#### Instructions for the task:
Set down, exactly as written, every line from the top of the records below to the line containing "bounds beside it.", both ends included, and no others.

START Materials provided

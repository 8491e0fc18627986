// The sides of an octagon, and its outline.
ghost use Rattle.std.specs.Prelude.{◌≡◌, nat_abs};
ghost use Rattle.octagon.specs.NormalForm as form;
ghost use Rattle.outline.specs.Outlining as outlining;

use crate::Outline;
use integers::sum;
use octagon::{NormalForm, Octagon};

// The length of an even side, from its bound and the bounds beside it.
fn even_side(before: i32, own: i32, after: i32) -> u32
    requires { outlining.SideLength (form.even_side before own after) }
    ensures { result ≡ nat_abs (form.even_side before own after) }
{
    (sum(before, after) - sum(own, own)) as u32
}

// The length of an odd side. Even and odd sides have a rule each in document 01, and so a function each.
fn odd_side(before: i32, own: i32, after: i32) -> u32
    requires { outlining.SideLength (form.odd_side before own after) }
    ensures { result ≡ nat_abs (form.odd_side before own after) }
{
    (sum(before, after) - (own as i64)) as u32
}

// The outline of an octagon.
pub fn outline_of(a: NormalForm) -> Outline
    ensures { result ≡ outlining.outline_of a.bounds }
{
    let Octagon {
        c0,
        c1,
        c2,
        c3,
        c4,
        c5,
        c6,
        c7,
    } = a.bounds;
    Outline {
        i: c0 - c7,
        j: -c0,
        n0: even_side(c7, c0, c1),
        n1: odd_side(c0, c1, c2),
        n2: even_side(c1, c2, c3),
        n3: odd_side(c2, c3, c4),
        n4: even_side(c3, c4, c5),
        n5: odd_side(c4, c5, c6),
        n6: even_side(c5, c6, c7),
        n7: odd_side(c6, c7, c0),
    }
}
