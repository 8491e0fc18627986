// Whether two outlines are one.
ghost use Rattle.std.specs.Prelude.{◌≡◌};
ghost use Rattle.outline.specs.Sameness.{same_outline};

use crate::Outline;

// Whether two outlines have the same start and the same sides: `==`, under the name that README gives it, with the contract by its definition.
pub fn same_outline(o: Outline, p: Outline) -> bool
    ensures { result ≡ same_outline o p }
{
    o == p
}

END Materials provided

#### Task answer:
repository 8491e0fc18627986
// The sides of an octagon, and its outline.
ghost use Rattle.std.specs.Prelude.{◌≡◌, nat_abs};
ghost use Rattle.octagon.specs.NormalForm as form;
ghost use Rattle.outline.specs.Outlining as outlining;

use crate::Outline;
use integers::sum;
use octagon::{NormalForm, Octagon};

// The length of an even side, from its bound and the bounds beside it.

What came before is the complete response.